# Brief:
In the entries below, find the line with "history.store.stamp(call, n);" and the line with "let write = any_write(alloc, random)?;". Reproduce those two lines and every line between them exactly, and nothing more.

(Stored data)

---*---

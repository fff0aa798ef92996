//! Random histories of a store of two tables, against the plain tables after each commit.

ghost use Rattle.std.specs.Prelude.{◌≡◌, ◌↔◌, ◌<◌, ◌≤◌, ℕ, [], All, IsTrue, IfOk, OnOk, OnErr};
ghost use Rattle.mv_values.specs.Patching.{row_of, applied};
ghost use Rattle.mv_values.specs.Preds.{matches, admits};
ghost use Rattle.mv_values.specs.Tables.{rows_at};
ghost use Rattle.mv_record.specs.Admitting.{Admitted};
ghost use Rattle.mv_store.specs.Changes.{KeepsReads};
ghost use Rattle.mv_store.specs.Stored.{database_at, newest, own_writes};

use crate::cases::ensure_at;
use crate::values::{key, row};
use mv_record::applying::apply;
use mv_store::store::Store;
use mv_store::view::StoreView;
use mv_table::found::Found;
use mv_table::scan::Direction;
use mv_table::table::Stored;
use mv_values::copied::Copied;
use mv_values::lent;
use mv_values::list::List;
use mv_values::memory::NoMemory;
use mv_values::op::Op;
use mv_values::patch::{Assign, Patch, Write};
use mv_values::pred::{Pred, Test};
use mv_values::pred_ref::PredRef;
use mv_values::rows::{Database, Keyed, Rows};
use mv_values::tested::Tested;
use mv_values::value::{Key, Row, Value, are_same};
use mv_view::key_set::NoKeys;
use mv_view::view::{Refused, View};
use rand_core::{Rng, SeedableRng};
use rand_xoshiro::SplitMix64;
use std::alloc::Global;
use std::test::Fail;

/// Commits the writes of a call that has none yet.
fn commit(
    alloc: Global,
    store: &mut Store,
    call: u32,
    n: u32,
    writes: &[Write],
) -> Result<(), NoMemory>
    requires clean { own_writes store.old call ≡ [] }
    requires next { store.old.last < n }
    ensures database { OnOk result ((m : ℕ) → n ≤ m → database_at store.new m ≡ applied writes.now (newest store.old)) }
    ensures clean { own_writes store.new call ≡ [] }
    ensures err { OnErr result (KeepsReads store.old store.new) }
{
    let _last = store.last();
    store.put_all(alloc, call, writes)?;
    store.stamp(call, n);
    Ok(())
}

/// Returns the row under a key that a reader finds after n commits.
pub(crate) fn look_up(
    alloc: Global,
    store: &Store,
    n: u32,
    table: u8,
    key: &Key,
) -> Result<Option<Row>, Refused>
    ensures { IfOk result (λ row. row ≡ row_of (rows_at (database_at store.now n) table) key.now) }
{
    let mut view = StoreView::new(store, n);
    let row = view.row(alloc, table, key)?;
    let row = lent::own(alloc, row)?;
    Ok(row)
}

/// A store, the tables after each commit, and the writes of calls that have not committed.
#[derive(Drop)]
struct History {
    store: Store,
    databases: Vec<Database>,
    own: Vec<(u32, Write)>,
}

const TABLES: u8 = 2;

fn byte(random: &mut SplitMix64) -> u8 {
    (random.next_u64() % 256) as u8
}

/// Returns a number of commits.
fn number(commits: usize) -> u32 {
    commits.min(1000) as u32
}

fn set(alloc: Global, column: u8, number: i64) -> Result<Patch, NoMemory> {
    let value = Value::Int(number);
    let mut items = List::new(alloc);
    items.push(Assign { column, value })?;
    Ok(Patch::Set(items))
}

fn any_patch(
    alloc: Global,
    group: i64,
    item: i64,
    random: &mut SplitMix64,
) -> Result<Patch, NoMemory> {
    let number = byte(random) as i64 % 4;
    match byte(random) % 7 {
        0 => Ok(Patch::Delete),
        1 | 2 => Ok(Patch::Insert(row(alloc, &[group, item, number, 0])?)),
        3 | 4 => set(alloc, 2, number),
        _ => set(alloc, 3, number),
    }
}

/// Returns a write to one of six keys of one of two tables, or to a table that isn't there.
fn any_write(alloc: Global, random: &mut SplitMix64) -> Result<Write, NoMemory> {
    let (group, item) = ((byte(random) % 2) as i64, (byte(random) % 3) as i64);
    let table = if byte(random) == 0 {
        9
    } else {
        byte(random) % TABLES
    };
    let key = key(alloc, &[group, item])?;
    let patch = any_patch(alloc, group, item, random)?;
    Ok(Write { table, key, patch })
}

fn put(alloc: Global, history: &mut History, call: u32, write: Write) -> Result<(), Fail> {
    history.store.put(alloc, call, &write)?;
    history.own.push((call, write))?;
    Ok(())
}

fn put_some(
    alloc: Global,
    history: &mut History,
    call: u32,
    random: &mut SplitMix64,
) -> Result<(), Fail> {
    let mut writes = Vec::new(alloc);
    for _ in 0..3u32 {
        writes.push(any_write(alloc, random)?)?;
    }
    history.store.put_all(alloc, call, &writes)?;
    for write in writes {
        history.own.push((call, write))?;
    }
    Ok(())
}

/// Returns the newest tables, with the writes of a call applied.
fn with_own(alloc: Global, history: &History, call: u32) -> Result<Database, Fail> {
    let Some(newest) = history.databases.last() else {
        return Err("no tables".into());
    };
    let mut database = newest.copy(alloc)?;
    for (of, write) in &history.own {
        if *of == call {
            apply(alloc, &mut database, write)?;
        }
    }
    Ok(database)
}

fn stamp(alloc: Global, history: &mut History, call: u32) -> Result<(), Fail> {
    let database = with_own(alloc, history, call)?;
    let n = number(history.databases.len());
    if history.store.last() >= n {
        return Err("a number that isn't next".into());
    }
    history.store.stamp(call, n);
    history.databases.push(database)?;
    history.own.retain(|(of, _)| *of != call);
    Ok(())
}

fn raise(history: &mut History, to: u32) {
    let low = to.min(history.store.last()).max(history.store.low());
    history.store.raise(low);
}

fn step(alloc: Global, history: &mut History, random: &mut SplitMix64) -> Result<(), Fail> {
    let call = byte(random) as u32 % 3;
    match byte(random) % 10 {
        0 => {
            history.store.drop_of(call);
            history.own.retain(|(of, _)| *of != call);
        }
        1 => raise(history, byte(random) as u32 % 16),
        2 | 3 => stamp(alloc, history, call)?,
        4 => put_some(alloc, history, call, random)?,
        _ => {
            let write = any_write(alloc, random)?;
            put(alloc, history, call, write)?;
        }
    }
    Ok(())
}

// Reads

fn same(a: &Keyed, b: &Keyed) -> bool {
    a.key == b.key && are_same(a.row.as_slice(), b.row.as_slice())
}

/// Whether the row that was found is this one.
fn is_same(found: &Found<'_>, want: &Keyed) -> bool {
    found.key() == &want.key && are_same(found.row().as_slice(), want.row.as_slice())
}

/// Whether the rows found are those of the table that the predicate matches, in their order.
fn are_matching(found: &[Found<'_>], pred: &PredRef<'_>, rows: &[Keyed]) -> bool {
    let mut wanted = rows.iter().filter(|item| pred.matches(&item.row));
    for item in found {
        match wanted.next() {
            Some(want) if is_same(item, want) => {}
            _ => return false,
        }
    }
    wanted.next().is_none()
}

fn pred(alloc: Global, table: u8, tests: &[(u8, Op, i64)]) -> Result<Pred, NoMemory> {
    let mut list = List::new(alloc);
    for (column, op, number) in tests {
        let key_place = if *column < 2 { Some(*column) } else { None };
        let value = Value::Int(*number);
        list.push(Test {
            column: *column,
            key_place,
            op: *op,
            value,
        })?;
    }
    Ok(Pred {
        table,
        tests: list,
        columns: List::new(alloc),
    })
}

/// Tests of the two key columns, and of a third.
const TESTS: &[&[(u8, Op, i64)]] = &[
    &[],
    &[(0, Op::Eq, 1)],
    &[(0, Op::Eq, 0), (1, Op::Gt, 0)],
    &[(0, Op::Eq, 1), (1, Op::Eq, 2)],
    &[(0, Op::Le, 0)],
    &[(2, Op::Ge, 2)],
    &[(1, Op::Lt, 2), (3, Op::Ne, 0)],
    &[(1, Op::Eq, 2)],
    &[(2, Op::Eq, 1)],
    &[(2, Op::Eq, 1), (3, Op::Eq, 0)],
    &[(2, Op::Eq, 1), (2, Op::Eq, 3)],
    &[(3, Op::Eq, 7), (0, Op::Eq, 0)],
    &[(2, Op::Eq, 3), (1, Op::Ge, 1)],
];

/// Returns the columns that are indexed: of the first table the second and two that aren't in the key, of the second
/// table one.
pub(crate) fn columns(alloc: Global) -> Result<List<Tested>, NoMemory> {
    let mut columns = List::new(alloc);
    for (table, column) in [(0, 1), (0, 2), (0, 3), (1, 2)] {
        columns.push(Tested { table, column })?;
    }
    Ok(columns)
}

fn admits_match(pred: &PredRef<'_>, item: &Keyed) -> bool
    ensures { IsTrue result ↔ (IsTrue (matches pred.now item.now.row) → IsTrue (admits pred.now item.now.key)) }
{
    !pred.matches(&item.row) || pred.admits(&item.key)
}

fn admits_matches(pred: &PredRef<'_>, rows: &[Keyed]) -> bool
    ensures { IsTrue result ↔ Admitted pred.now rows.now }
{
    rows.iter().all(|item| admits_match(pred, item))
}

/// Returns all rows of a table after n commits.
fn all_rows(alloc: Global, store: &Store, n: u32, table: u8) -> Result<Rows, Refused>
    ensures { IfOk result (λ rows. rows ≡ rows_at (database_at store.now n) table) }
{
    let pred = PredRef::new(table, &[], &[]);
    let found = store.rows_at(alloc, n, &pred)?;
    Ok(found.into_rows(alloc)?)
}

/// Whether this was found: a row, or none.
fn is_found(found: Result<Option<Found<'_>>, Refused>, want: Option<&Keyed>) -> bool {
    match (found, want) {
        (Ok(Some(found)), Some(want)) => is_same(&found, want),
        (Ok(None), None) => true,
        _ => false,
    }
}

/// Whether the first and the last row that a predicate finds after n commits are those of the plain tables.
fn finds_ends(alloc: Global, store: &Store, n: u32, pred: &PredRef<'_>, rows: &[Keyed]) -> bool
    requires { Admitted pred.now (rows_at (database_at store.now n) pred.now.table) }
{
    let first = rows.iter().find(|item| pred.matches(&item.row));
    let last = rows.iter().rev().find(|item| pred.matches(&item.row));
    is_found(
        store.foremost_at(alloc, n, pred, Direction::Forward, &NoKeys),
        first,
    ) && is_found(
        store.foremost_at(alloc, n, pred, Direction::Backward, &NoKeys),
        last,
    )
}

/// Whether the rows that a predicate finds after n commits are those of the plain tables.
fn finds(alloc: Global, store: &Store, n: u32, pred: &PredRef<'_>, rows: &[Keyed]) -> bool {
    let Ok(all) = all_rows(alloc, store, n, pred.table()) else {
        return false;
    };
    if !admits_matches(pred, all.as_slice()) {
        return false;
    }
    match store.rows_at(alloc, n, pred) {
        Ok(found) => {
            are_matching(found.as_slice(), pred, rows) && finds_ends(alloc, store, n, pred, rows)
        }
        Err(_) => false,
    }
}

fn finds_all(
    alloc: Global,
    store: &Store,
    n: u32,
    table: u8,
    rows: &[Keyed],
) -> Result<bool, NoMemory> {
    for tests in TESTS {
        if !finds(
            alloc,
            store,
            n,
            &PredRef::of(&pred(alloc, table, tests)?),
            rows,
        ) {
            return Ok(false);
        }
    }
    Ok(true)
}

fn row_under<'a>(rows: &'a [Keyed], key: &Key) -> Option<&'a Keyed> {
    rows.iter().find(|item| item.key == *key)
}

/// Whether each of the six keys has its row.
fn has_rows(
    alloc: Global,
    store: &Store,
    n: u32,
    table: u8,
    rows: &[Keyed],
) -> Result<bool, NoMemory> {
    for place in 0..6i64 {
        let key = key(alloc, &[place / 3, place % 3])?;
        let right = match (look_up(alloc, store, n, table, &key), row_under(rows, &key)) {
            (Ok(Some(row)), Some(item)) => are_same(row.as_slice(), item.row.as_slice()),
            (Ok(None), None) => true,
            _ => false,
        };
        if !right {
            return Ok(false);
        }
    }
    Ok(true)
}

fn reads(alloc: Global, store: &Store, n: u32, database: &Database) -> Result<bool, NoMemory> {
    for (table, rows) in (0u8..).zip(database.as_slice()) {
        let rows = rows.as_slice();
        if !finds_all(alloc, store, n, table, rows)? || !has_rows(alloc, store, n, table, rows)? {
            return Ok(false);
        }
    }
    Ok(true)
}

/// Whether a read answers Stale with its number and the store's low.
fn is_stale(alloc: Global, store: &Store, n: u32) -> bool {
    match all_rows(alloc, store, n, 0) {
        Err(Refused::Stale { start, low }) => start == n && low == store.low(),
        _ => false,
    }
}

fn reads_everywhere(alloc: Global, history: &History) -> Result<bool, NoMemory> {
    for (n, database) in history.databases.iter().enumerate() {
        let n = number(n);
        let right = if n < history.store.low() {
            is_stale(alloc, &history.store, n)
        } else {
            reads(alloc, &history.store, n, database)?
        };
        if !right {
            return Ok(false);
        }
    }
    Ok(true)
}

/// Returns two tables of one row each.
pub(crate) fn opening(alloc: Global) -> Result<Database, NoMemory> {
    let mut database = List::new(alloc);
    for table in 0..TABLES {
        let mut rows = Rows::new(alloc);
        rows.push(Keyed {
            key: key(alloc, &[0, 1])?,
            row: row(alloc, &[0, 1, table as i64, 7])?,
        })?;
        database.push(rows)?;
    }
    Ok(database)
}

/// Whether the store reads as the plain tables after each five steps.
fn goes_right(alloc: Global, seed: u64) -> Result<bool, Fail> {
    let mut random = SplitMix64::seed_from_u64(seed);
    let database = opening(alloc)?;
    let store = Store::new(alloc, &database, &columns(alloc)?)?;
    let mut databases = Vec::new(alloc);
    databases.push(database)?;
    let mut history = History {
        store,
        databases,
        own: Vec::new(alloc),
    };
    for _ in 0..8u32 {
        for _ in 0..5u32 {
            step(alloc, &mut history, &mut random)?;
        }
        if !reads_everywhere(alloc, &history)? {
            return Ok(false);
        }
    }
    Ok(true)
}

#[test]
fn random_histories_are_read_at_every_number(rt: HostRuntime) -> Result<(), Fail> {
    for seed in 0..200 {
        ensure_at(rt.alloc(), goes_right(rt.alloc(), seed)?, seed as usize)?;
    }
    Ok(())
}

/// A commit is read from its number on, and a key that it deletes is gone.
#[test]
fn a_commit_is_read_from_its_number_on(rt: HostRuntime) -> Result<(), Fail> {
    let alloc = rt.alloc();
    let mut store = Store::new(alloc, &opening(alloc)?, &columns(alloc)?)?;
    let mut writes = Vec::new(alloc);
    writes.push(Write {
        table: 1,
        key: key(alloc, &[0, 1])?,
        patch: Patch::Delete,
    })?;
    commit(alloc, &mut store, 5, 1, &writes)?;
    let key = key(alloc, &[0, 1])?;
    let before = match look_up(alloc, &store, 0, 1, &key) {
        Ok(Some(row)) => row.len() == 4,
        _ => false,
    };
    ensure_at(alloc, before, 0)?;
    let after = match look_up(alloc, &store, 1, 1, &key) {
        Ok(None) => true,
        _ => false,
    };
    ensure_at(alloc, after, 1)
}
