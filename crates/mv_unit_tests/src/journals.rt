//! Which lines are events, and which line is reported if one isn't.

ghost use Rattle.std.specs.Prelude.{◌≡◌, ◌<◌, ◌^◌, length};

use crate::cases::ensure_at;
use mv_journal::fault::LineFault;
use mv_journal::journal::{read_journal, write_journal};
use mv_values::list::List;
use mv_values::memory::NoMemory;
use std::alloc::Global;
use std::test::Fail;

/// Returns the text of the events of a journal, or the number of its first bad line.
fn read_and_written(alloc: Global, bytes: &[u8]) -> Result<Result<List<u8>, u32>, NoMemory>
    requires { length bytes.now < 2 ^ 32 }
{
    match read_journal(alloc, bytes) {
        Ok(events) => {
            let mut text = List::new(alloc);
            write_journal(&events, &mut text)?;
            Ok(Ok(text))
        }
        Err(LineFault::Line { n }) => Ok(Err(n)),
        Err(LineFault::NoMemory) => Err(NoMemory),
    }
}

const JOURNALS: &[(&[u8], Result<&[u8], u32>)] = &[
    (b"", Ok(b"")),
    (b"B 0\nS 0\nC 0\n", Ok(b"B 0\nS 0\nC 0\n")),
    (b"B 0\r\nG\r\nX 7", Ok(b"B 0\nG\nX 7\n")),
    (b"A 007\nM 00", Ok(b"A 7\nM 0\n")),
    (b"C 4294967295\nG", Ok(b"C 4294967295\nG\n")),
    (b"\n", Err(1)),
    (b"B 0\n\nC 0\n", Err(2)),
    (b"B 0\nQ 0\n", Err(2)),
    (b"G 0", Err(1)),
    (b"b 0", Err(1)),
    (b"B", Err(1)),
    (b"B ", Err(1)),
    (b"B  0", Err(1)),
    (b"B 0 ", Err(1)),
    (b"B +1", Err(1)),
    (b"B -0", Err(1)),
    (b"G\r", Err(1)),
    (b"B 4294967296", Err(1)),
    (b"B 0\nC 99999999999999999999", Err(2)),
];

fn is_read_as(alloc: Global, bytes: &[u8], want: Result<&[u8], u32>) -> Result<bool, Fail> {
    if bytes.len() > 1000 {
        return Err("a long journal".into());
    }
    match (read_and_written(alloc, bytes)?, want) {
        (Ok(text), Ok(want)) => Ok(text.as_slice() == want),
        (Err(n), Err(want)) => Ok(n == want),
        _ => Ok(false),
    }
}

#[test]
fn journals_are_read_line_by_line(rt: HostRuntime) -> Result<(), Fail> {
    for (i, (bytes, want)) in JOURNALS.iter().enumerate() {
        ensure_at(rt.alloc(), is_read_as(rt.alloc(), bytes, *want)?, i)?;
    }
    Ok(())
}
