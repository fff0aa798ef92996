//! Random histories of one row, compared with the plain row after each commit.

ghost use Rattle.std.specs.Prelude.{◌≡◌, Some};
ghost use Rattle.mv_chain.specs.Versions.{row_at};

use crate::cases::ensure_at;
use crate::values::row;
use mv_chain::chain::Chain;
use mv_values::list::List;
use mv_values::memory::NoMemory;
use mv_values::patch::{Assign, Patch};
use mv_values::value::{Row, Value};
use rand_core::{Rng, SeedableRng};
use rand_xoshiro::SplitMix64;
use std::alloc::Global;
use std::test::Fail;

/// A row of two numbers.
type Numbers = [i64; 2];

type Plain = Option<Numbers>;

#[derive(Clone, Copy)]
enum Change {
    Insert(Numbers),
    Set(u8, i64),
    Delete,
}

fn with_column(row: Numbers, column: u8, number: i64) -> Numbers {
    let [first, second] = row;
    if column == 0 {
        [number, second]
    } else {
        [first, number]
    }
}

fn changed(change: &Change, was: Plain) -> Plain {
    match change {
        Change::Insert(row) => Some(*row),
        Change::Set(column, number) => match was {
            Some(row) => Some(with_column(row, *column, *number)),
            None => None,
        },
        Change::Delete => None,
    }
}

fn patch_of(alloc: Global, change: &Change) -> Result<Patch, NoMemory> {
    match change {
        Change::Insert(numbers) => Ok(Patch::Insert(row(alloc, numbers)?)),
        Change::Set(column, number) => {
            let value = Value::Int(*number);
            let mut items = List::new(alloc);
            items.push(Assign {
                column: *column,
                value,
            })?;
            Ok(Patch::Set(items))
        }
        Change::Delete => Ok(Patch::Delete),
    }
}

/// A chain, the rows after each commit, and the uncommitted changes.
#[derive(Drop)]
struct History {
    chain: Chain,
    rows: Vec<Plain>,
    own: Vec<(u32, Change)>,
    low: u32,
}

fn byte(random: &mut SplitMix64) -> u8 {
    (random.next_u64() % 256) as u8
}

/// Returns a number of commits.
fn number(commits: usize) -> u32 {
    commits.min(1000) as u32
}

fn any_change(random: &mut SplitMix64) -> Change {
    let number = byte(random) as i64;
    match byte(random) % 6 {
        0 => Change::Delete,
        1 => Change::Insert([number, 0]),
        2 | 3 => Change::Set(0, number),
        _ => Change::Set(1, number),
    }
}

fn newest(rows: &[Plain]) -> Plain {
    match rows.last() {
        Some(row) => *row,
        None => None,
    }
}

fn put(alloc: Global, history: &mut History, call: u32, change: Change) -> Result<(), Fail> {
    history.chain.put(call, patch_of(alloc, &change)?)?;
    history.own.push((call, change))?;
    Ok(())
}

fn stamp(history: &mut History, call: u32) -> Result<(), Fail> {
    let mut row = newest(history.rows.as_slice());
    for (of, change) in history.own.as_slice() {
        if *of == call {
            row = changed(change, row);
        }
    }
    let n = number(history.rows.len());
    if !history.chain.is_next(n) {
        return Err("a number that isn't next".into());
    }
    history.chain.stamp(call, n);
    history.rows.push(row)?;
    history.own.retain(|(of, _)| *of != call);
    Ok(())
}

fn step(alloc: Global, history: &mut History, random: &mut SplitMix64) -> Result<(), Fail> {
    let call = byte(random) as u32 % 3;
    match byte(random) % 8 {
        0 => {
            history.chain.drop_of(call);
            history.own.retain(|(of, _)| *of != call);
        }
        1 => {
            let newest = number(history.rows.len().saturating_sub(1));
            history.low = history.low.max(byte(random) as u32 % 32).min(newest);
            history.chain.collect(history.low);
        }
        2 | 3 => stamp(history, call)?,
        _ => put(alloc, history, call, any_change(random))?,
    }
    Ok(())
}

fn has_numbers(row: &Row, numbers: Numbers) -> bool {
    match row.as_slice() {
        [Value::Int(first), Value::Int(second)] => { *first == numbers[0] && *second == numbers[1] }
        _ => false,
    }
}

/// Whether the chain has this row after n commits, read whole and by columns.
fn reads(alloc: Global, chain: &Chain, n: u32, want: Plain) -> Result<bool, NoMemory> {
    let row = chain.row_at(alloc, n)?;
    match (row, want) {
        (Some(row), Some(numbers)) => {
            Ok(has_numbers(row.get(), numbers) && chain.exists_at(n) && lends(chain, n, row.get()))
        }
        (None, None) => Ok(!chain.exists_at(n)),
        _ => Ok(false),
    }
}

/// Whether the chain lends the second column of the row after n commits.
fn lends(chain: &Chain, n: u32, row: &Row) -> bool
    requires { row_at chain.now n ≡ Some row.now }
{
    1 < row.len() && chain.value_at(n, 1) == row.as_slice().get(1)
}

fn reads_all(alloc: Global, history: &History) -> Result<bool, NoMemory> {
    for (n, want) in history.rows.iter().enumerate() {
        if history.low as usize <= n && !reads(alloc, &history.chain, number(n), *want)? {
            return Ok(false);
        }
    }
    Ok(true)
}

/// Whether the chain reads as the plain rows after each step.
fn goes_right(alloc: Global, seed: u64) -> Result<bool, Fail> {
    let mut random = SplitMix64::seed_from_u64(seed);
    let mut rows = Vec::new(alloc);
    rows.push(Some([1, 2]))?;
    let mut history = History {
        chain: Chain::new(alloc, Some(row(alloc, &[1, 2])?)),
        rows,
        own: Vec::new(alloc),
        low: 0,
    };
    for _ in 0..60u32 {
        step(alloc, &mut history, &mut random)?;
        if !reads_all(alloc, &history)? {
            return Ok(false);
        }
    }
    Ok(true)
}

#[test]
fn random_histories_are_read_at_every_number(rt: HostRuntime) -> Result<(), Fail> {
    for seed in 0..300 {
        ensure_at(rt.alloc(), goes_right(rt.alloc(), seed)?, seed as usize)?;
    }
    Ok(())
}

---*---

# Result of this task:
    history.store.stamp(call, n);
    history.databases.push(database)?;
    history.own.retain(|(of, _)| *of != call);
    Ok(())
}

fn raise(history: &mut History, to: u32) {
    let low = to.min(history.store.last()).max(history.store.low());
    history.store.raise(low);
}

fn step(alloc: Global, history: &mut History, random: &mut SplitMix64) -> Result<(), Fail> {
    let call = byte(random) as u32 % 3;
    match byte(random) % 10 {
        0 => {
            history.store.drop_of(call);
            history.own.retain(|(of, _)| *of != call);
        }
        1 => raise(history, byte(random) as u32 % 16),
        2 | 3 => stamp(alloc, history, call)?,
        4 => put_some(alloc, history, call, random)?,
        _ => {
            let write = any_write(alloc, random)?;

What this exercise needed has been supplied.